国連諸機関の邦人職員幹部をはじめ、様々な分野で活躍する有識者を執筆陣に、日本がこのパンデミックという危機を乗り越え、よりよく復興することを願うエールを込めたブログシリーズ。読者の皆さまに今後の日本と世界を考えてもらう一助となるよう、執筆者には組織を代表するのではなく個人の資格で、時には建設的な批判も含めて、寄稿いただいています。第13回と第14回は、秋山信将さん(一橋大学大学院法学研究科/国際・公共政策大学院教授)からの寄稿を二部構成でお送りします。今回は前編として、パンデミックにおける多国間主義、そして国際機関の体制改革の重要性について考えます。
※文中の写真はいずれもイメージで、文章と直接関係はありません。
コロナ危機は新しい、実効的な多国間主義を考える契機である(前編)
はじめに:グローバリゼーションの反逆
新型コロナが我々の生活に与えた影響は、質的にも、また規模の面でも莫大なものであることは言を俟たない。

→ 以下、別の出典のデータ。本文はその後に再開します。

//! The lines that the tool prints. Each ends with a line feed.
ghost use Rattle.std.specs.Prelude.{◌≡◌, IfOk};
ghost use Rattle.collector.specs.Lines.{words_text, file_text, limit_text, read_text, write_text, no_memory_text, wrote_text, ok_text, reason_name};

use commands::WordReason;
use pb_wire::{NoMemory, Text};
use std::alloc::Global;

/// On the standard output: a file was written, with this number of bytes.
pub fn wrote_line(alloc: Global, target: &str, size: usize) -> Result<Text, NoMemory>
    ensures { IfOk result (λ line. line ≡ wrote_text target.now size) }
{
    let line = format!(in alloc; "wrote {target}, {size} bytes\n")?;
    Ok(Text::from_string(line))
}

/// On the standard output: a file is a message, with so many profiles and samples.
pub fn ok_line(alloc: Global, name: &str, profiles: u64, samples: u64) -> Result<Text, NoMemory>
    ensures { IfOk result (λ line. line ≡ ok_text name.now profiles samples) }
{
    let line = format!(in alloc; "{name}: ok, {profiles} profiles, {samples} samples\n")?;
    Ok(Text::from_string(line))
}

/// On the standard error: the word at this place is refused.
pub fn words_line(alloc: Global, place: u32, reason: WordReason) -> Result<Text, NoMemory>
    ensures { IfOk result (λ line. line ≡ words_text place reason) }
{
    let reason = name_of(reason);
    let line = format!(in alloc; "otelprof: word {place}: {reason}\n")?;
    Ok(Text::from_string(line))
}

/// On the standard error: a file is missing or refused.
pub fn file_line(alloc: Global, name: &str, text: &str) -> Result<Text, NoMemory>
    ensures { IfOk result (λ line. line ≡ file_text name.now text.now) }
{
    let line = format!(in alloc; "{name}: {text}\n")?;
    Ok(Text::from_string(line))
}

/// On the standard error: the output would have this number of bytes.
pub fn limit_line(alloc: Global, size: u128) -> Result<Text, NoMemory>
    ensures { IfOk result (λ line. line ≡ limit_text size) }
{
    let line = format!(in alloc; "output limit: {size} bytes\n")?;
    Ok(Text::from_string(line))
}

/// On the standard error: the read of a file failed.
pub fn read_line(alloc: Global, name: &str) -> Result<Text, NoMemory>
    ensures { IfOk result (λ line. line ≡ read_text name.now) }
{
    let line = format!(in alloc; "read failed: {name}\n")?;
    Ok(Text::from_string(line))
}

/// On the standard error: the write of a file, or of the standard output, failed.
pub fn write_line(alloc: Global, name: &str) -> Result<Text, NoMemory>
    ensures { IfOk result (λ line. line ≡ write_text name.now) }
{
    let line = format!(in alloc; "write failed: {name}\n")?;
    Ok(Text::from_string(line))
}

/// On the standard error: out of memory.
pub fn no_memory_line(alloc: Global) -> Result<Text, NoMemory>
    ensures { IfOk result (λ line. line ≡ no_memory_text) }
{
    Text::copy_of(alloc, "no memory\n")
}

fn name_of(reason: WordReason) -> &'static str
    ensures { result.now ≡ reason_name reason }
{
    match reason {
        WordReason::NoCommand => "NoCommand",
        WordReason::UnknownCommand => "UnknownCommand",
        WordReason::MissingWord => "MissingWord",
        WordReason::ExtraWord => "ExtraWord",
        WordReason::BadNumber => "BadNumber",
    }
}
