//! Files whose bytes are kept, and the messages in them.
ghost use Rattle.std.specs.Prelude.{◌≡◌, ◌++◌, ◌∷◌, [], Ok, None, map, IfOk, IfErr, OnOk, OnErr};
ghost use Rattle.otlp_msg.specs.Checked.{value_of};
ghost use Rattle.collector.specs.Causes.{IsStop, IsOfInput};
ghost use Rattle.collector.specs.KeptFiles.{IsFirstStop, IsKept, kept_file, message_in};
ghost use Rattle.collector.specs.Messages.{bytes_at, each};
ghost use Rattle.collector.specs.RunSteps.{ReadsTo};

use crate::Stop;
use crate::reading::{checked_message, read_bytes};
use otlp_msg::Messages;
use outside::Files;
use pb_wire::{Blob, List, NoMemory, Text};
use std::alloc::Global;

/// A file, with its bytes.
#[derive(Drop)]
pub struct KeptFile {
    pub name: Text,
    pub body: Blob,
}

/// Files that were read in order, and the stop that ended this, if one did.
#[derive(Drop)]
pub struct KeptFiles {
    pub files: List<KeptFile>,
    pub stop: Option<Stop>,
}

/// Reads files in order, and keeps their bytes, up to the first that is missing, too long or not read.
pub fn read_files<F: Files>(alloc: Global, names: &[Text], files: &mut F) -> KeptFiles
    ensures { IsKept F.Files files.old files.new names.now result }
{
    let mut kept = List::begin(alloc);
    for name in names {
        if let Err(stop) = keep_file(alloc, name, files, &mut kept) {
            return KeptFiles {
                files: kept,
                stop: Some(stop),
            };
        }
    }
    KeptFiles {
        files: kept,
        stop: None,
    }
}

// Reads one file, and keeps its bytes.
fn keep_file<F: Files>(
    alloc: Global,
    name: &Text,
    files: &mut F,
    kept: &mut List<KeptFile>,
) -> Result<(), Stop>
    ensures read { ReadsTo F.Files files.old files.new (name.now ∷ []) (λ m. bytes_at m name.now)
        (λ body _. kept.new ≡ kept.old ++ kept_file name.now body ∷ []) result }
    ensures same { OnErr result (kept.new ≡ kept.old) }
{
    match read_bytes(alloc, name, files) {
        Ok(body) => match add_file(alloc, name, body, kept) {
            Ok(()) => Ok(()),
            Err(NoMemory) => Err(Stop::NoMemory),
        },
        Err(stop) => Err(stop),
    }
}

fn add_file(
    alloc: Global,
    name: &Text,
    body: Blob,
    kept: &mut List<KeptFile>,
) -> Result<(), NoMemory>
    ensures ok { OnOk result (kept.new ≡ kept.old ++ kept_file name.now body ∷ []) }
    ensures same { OnErr result (kept.new ≡ kept.old) }
{
    let name = Text::copy_of(alloc, name.as_str())?;
    kept.add(KeptFile { name, body })
}

/// The messages in kept files, which may be followed by a stop. The first refusal of a file comes before it.
pub fn kept_messages<'a>(
    alloc: Global,
    files: &'a [KeptFile],
    stop: Option<Stop>,
) -> Result<Messages<'a>, Stop>
    ensures ok { IfOk result (λ messages. (each message_in files.now ≡ Ok (map value_of messages)) × (stop ≡ None)) }
    ensures stopped { IfErr result (IsFirstStop files.now stop) }
{
    match messages_in(alloc, files) {
        Ok(messages) => match stop {
            Some(stop) => Err(stop),
            None => Ok(messages),
        },
        Err(stop) => Err(stop),
    }
}

// The messages in files, up to the first that is refused.
fn messages_in<'a>(alloc: Global, files: &'a [KeptFile]) -> Result<Messages<'a>, Stop>
    ensures ok { IfOk result (λ messages. each message_in files.now ≡ Ok (map value_of messages)) }
    ensures stopped { IfErr result (IsStop (each message_in files.now)) }
    ensures cause { IfErr result IsOfInput }
{
    let mut messages = Messages::begin(alloc);
    for file in files {
        match checked_message(alloc, &file.name, file.body.as_slice()) {
            Ok(message) => {
                if let Err(NoMemory) = messages.add(message) {
                    return Err(Stop::NoMemory);
                }
            }
            Err(stop) => return Err(stop),
        }
    }
    Ok(messages)
}
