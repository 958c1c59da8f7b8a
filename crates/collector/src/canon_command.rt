//! The command `canon`.
ghost use Rattle.std.specs.Prelude.{◌≡◌, [], ◌∷◌, IfOk, IsOkAnd};
ghost use Rattle.otlp_msg.specs.Checked.{value_of};
ghost use Rattle.otlp_msg.specs.Message.{message_of};
ghost use Rattle.split_merge.specs.Canonical.{meaning};
ghost use Rattle.collector.specs.CanonAnswer.{canon_in, canon_file};
ghost use Rattle.collector.specs.Delivery.{names_of};
ghost use Rattle.collector.specs.Messages.{accepted};
ghost use Rattle.collector.specs.Rebuilt.{IsRebuilt};
ghost use Rattle.collector.specs.RunSteps.{IsComputed, IsPerformed};

use crate::building::output_of_built;
use crate::reading::{checked_message, read_bytes};
use crate::{Output, Stop};
use commands::ToolPlan;
use otlp_msg::Checked;
use outside::{Files, Seeds};
use pb_wire::Text;
use split_merge::canon;
use std::alloc::Global;

/// What `canon IN OUT` writes.
pub fn perform_canon<F: Files, M: Seeds>(
    alloc: Global,
    file: &Text,
    target: &Text,
    files: &mut F,
    seeds: &mut M,
) -> Result<Output, Stop>
    ensures { IsPerformed F.Files files.old files.new (ToolPlan.Canon file.now target.now) result }
{
    match read_bytes(alloc, file, files) {
        Ok(body) => canon_in(alloc, file, body.as_slice(), target, seeds),
        Err(stop) => Err(stop),
    }
}

// The same from the bytes of the file.
fn canon_in<M: Seeds>(
    alloc: Global,
    file: &Text,
    body: &[u8],
    target: &Text,
    seeds: &mut M,
) -> Result<Output, Stop>
    ensures computed { IsComputed (canon_in file.now target.now body.now) result }
    ensures rebuilt { IfOk result (λ output. IsOkAnd (accepted file.now (message_of body.now)) (λ m. IsRebuilt (meaning m) target.now output)) }
    ensures targets { IfOk result (λ output. names_of output.files ≡ target.now ∷ []) }
{
    match checked_message(alloc, file, body) {
        Ok(message) => canon_file(alloc, target, &message, seeds),
        Err(stop) => Err(stop),
    }
}

// The canonical bytes of a message, as one file.
fn canon_file<M: Seeds>(
    alloc: Global,
    target: &Text,
    message: &Checked<'_>,
    seeds: &mut M,
) -> Result<Output, Stop>
    ensures computed { IsComputed (canon_file target.now (value_of message.now)) result }
    ensures rebuilt { IfOk result (IsRebuilt (meaning (value_of message.now)) target.now) }
    ensures targets { IfOk result (λ output. names_of output.files ≡ target.now ∷ []) }
{
    output_of_built(alloc, target, canon(alloc, message, seeds))
}
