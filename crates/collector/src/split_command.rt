//! The command `split`.
ghost use Rattle.std.specs.Prelude.{◌≡◌, ◌<◌, ◌≤◌, Some, map, length, IfOk, OnOk};
ghost use Rattle.otlp_msg.specs.Checked.{value_of};
ghost use Rattle.commands.specs.PartNames.{part_name};
ghost use Rattle.split_merge.specs.Splits.{split_parts};
ghost use Rattle.collector.specs.RunSteps.{IsComputed, IsPerformed};
ghost use Rattle.collector.specs.SplitAnswer.{ArePartFiles, split_files};
ghost use Rattle.collector.specs.SplitSteps.{with_part};

use crate::kept::{KeptFiles, kept_messages, read_files};
use crate::lines::wrote_line;
use crate::{Output, Stop, Writes};
use commands::{PartLimit, Texts, ToolPlan};
use otlp_msg::Messages;
use outside::{Files, Seeds};
use pb_wire::{Blob, NoMemory, Text};
use split_merge::Splitter;
use std::alloc::Global;

/// What `split LIMIT PREFIX IN..` writes.
pub fn perform_split<F: Files, M: Seeds>(
    alloc: Global,
    limit: PartLimit,
    prefix: &Text,
    names: &Texts,
    files: &mut F,
    seeds: &mut M,
) -> Result<Output, Stop>
    ensures { IsPerformed F.Files files.old files.new (ToolPlan.Split limit prefix.now names.now) result }
{
    let KeptFiles { files: kept, stop } = read_files(alloc, names.as_slice(), files);
    match kept_messages(alloc, kept.as_slice(), stop) {
        Ok(messages) => split_messages(alloc, limit, prefix, &messages, seeds),
        Err(stop) => Err(stop),
    }
}

// The canonical bytes of the parts of messages, each as one file.
fn split_messages<M: Seeds>(
    alloc: Global,
    limit: PartLimit,
    prefix: &Text,
    messages: &Messages<'_>,
    seeds: &mut M,
) -> Result<Output, Stop>
    ensures computed { IsComputed (split_files limit prefix.now (map value_of messages.now)) result }
    ensures kept { IfOk result (λ output. ArePartFiles limit prefix.now (split_parts limit (map value_of messages.now)) output.files) }
{
    let mut output = Output {
        files: Writes::begin(alloc),
        lines: Text::begin(alloc),
    };
    let mut splitter = Splitter::begin(alloc, limit.bytes(), messages, seeds)?;
    'parts: loop {
        match splitter.next(alloc) {
            Ok(part) => match part {
                Some(bytes) => {
                    if let Err(NoMemory) = add_part(alloc, prefix, bytes, &mut output) {
                        return Err(Stop::NoMemory);
                    }
                }
                None => return Ok(output),
            },
            Err(fault) => return Err(fault.into()),
        }
    }
}

// One part more, as a file, and the line that it was written.
fn add_part(alloc: Global, prefix: &Text, bytes: Blob, output: &mut Output) -> Result<(), NoMemory>
    ensures { OnOk result (output.new ≡ with_part prefix.now bytes output.old) }
{
    let name = part_name(alloc, prefix.as_str(), output.files.len())?;
    let line = wrote_line(alloc, name.as_str(), bytes.len())?;
    output.lines.append(line.as_str())?;
    output.files.add((name, bytes))?;
    Ok(())
}

// The name of the part at a place.
fn part_name(alloc: Global, prefix: &str, place: usize) -> Result<Text, NoMemory>
    ensures { IfOk result (λ name. name ≡ part_name prefix.now place) }
{
    let name = format!(in alloc; "{prefix}.{place}.otlp")?;
    Ok(Text::from_string(name))
}
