//! Reads a named file, and the message in it.
ghost use Rattle.std.specs.Prelude.{◌≡◌, [], ◌∷◌, Ok, IfOk, IfErr};
ghost use Rattle.otlp_msg.specs.Checked.{value_of};
ghost use Rattle.otlp_msg.specs.Message.{message_of};
ghost use Rattle.collector.specs.Messages.{bytes_in, bytes_at, accepted, stop_of_refusal};
ghost use Rattle.collector.specs.Causes.{IsStop, IsOfInput};
ghost use Rattle.collector.specs.RunSteps.{IsComputed, IsRead};

use crate::{Stop, ToolRefusal};
use otlp_msg::{Checked, MESSAGE_LIMIT, Refusal, read_message};
use outside::{Files, Got, IoFault};
use pb_wire::{Blob, NoMemory, Text};
use std::alloc::Global;

/// The bytes under a name, where there are no more than a message may have.
pub fn read_bytes<F: Files>(alloc: Global, name: &Text, files: &mut F) -> Result<Blob, Stop>
    ensures { IsRead F.Files files.old files.new (name.now ∷ []) (λ m. bytes_at m name.now) result }
{
    match files.read(alloc, name.as_str(), MESSAGE_LIMIT) {
        Ok(got) => bytes_of_got(alloc, name, got),
        Err(IoFault::Failed) => Err(Stop::Read {
            name: Text::copy_of(alloc, name.as_str())?,
        }),
        Err(IoFault::NoMemory) => Err(Stop::NoMemory),
    }
}

fn bytes_of_got(alloc: Global, name: &Text, got: Got) -> Result<Blob, Stop>
    ensures { IsComputed (bytes_in name.now got) result }
{
    match got {
        Got::Whole(body) => Ok(body),
        Got::Long { at_least } => Err(refused(alloc, name, &Refusal::Size { len: at_least })?),
        Got::Missing => Err(file_stop(alloc, name, Text::copy_of(alloc, "missing")?)?),
    }
}

/// The message in the bytes of a named file.
pub fn checked_message<'a>(alloc: Global, name: &Text, body: &'a [u8]) -> Result<Checked<'a>, Stop>
    ensures ok { IfOk result (λ c. accepted name.now (message_of body.now) ≡ Ok (value_of c)) }
    ensures stopped { IfErr result (IsStop (accepted name.now (message_of body.now))) }
    ensures cause { IfErr result IsOfInput }
{
    match read_message(alloc, body) {
        Ok(message) => Ok(message),
        Err(refusal) => Err(refused(alloc, name, &refusal)?),
    }
}

// The stop at a refusal of a named file.
fn refused(alloc: Global, name: &Text, refusal: &Refusal) -> Result<Stop, NoMemory>
    ensures stop { IfOk result (λ stop. stop ≡ stop_of_refusal name.now refusal.now) }
    ensures cause { IfOk result IsOfInput }
{
    if let Refusal::NoMemory = refusal {
        return Ok(Stop::NoMemory);
    }
    file_stop(alloc, name, refusal.text(alloc)?)
}

// The stop at a named file, with this text.
fn file_stop(alloc: Global, name: &Text, text: Text) -> Result<Stop, NoMemory>
    ensures { IfOk result (λ stop. stop ≡ Stop.Refused (ToolRefusal.File name.now text)) }
{
    let name = Text::copy_of(alloc, name.as_str())?;
    Ok(Stop::Refused(ToolRefusal::File { name, text }))
}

人類の、あるいは国際社会の発展の歴史という視点から見ると、今我々は、我々がこれまでたどってきたグローバリゼーションの歴史から逆襲を受けているようでもある。「国際社会」がグローバル化していく過程は、また、感染症がグローバル化する歴史でもあった。
「コロンブス交換」とは、アメリカの歴史学者アルフレッド・クロスビーの有名な言葉だが、食物や動物など多くのものが大陸を超えて行き交うことで、世界中の生態系、社会生活を変えてしまったことを指す。この「コロンブス交換」によってヨーロッパにはジャガイモやトウモロコシがもたらされ、アメリカ大陸には、牛や馬、ヒツジといった家畜がもたらされた。ほかにも奴隷がアメリカ大陸にもたらされ、世界の生態系や生活様式などあらゆるものが変革した。両大陸間で交換されたものはそれだけではない。感染症もまた「コロンブス交換」によって大西洋を渡った。ヨーロッパからアメリカ大陸には、コレラ、インフルエンザ、マラリア、ペスト、天然痘、結核などがもたらされた。遺伝的に免疫を持たないアメリカ大陸の先住民族は、これらの病気によって壊滅的な被害を受け、レコンキスタから100年後、メキシコの原住民の人口はレコンキスタ前の3パーセントにまで減少してしまったとの研究もある。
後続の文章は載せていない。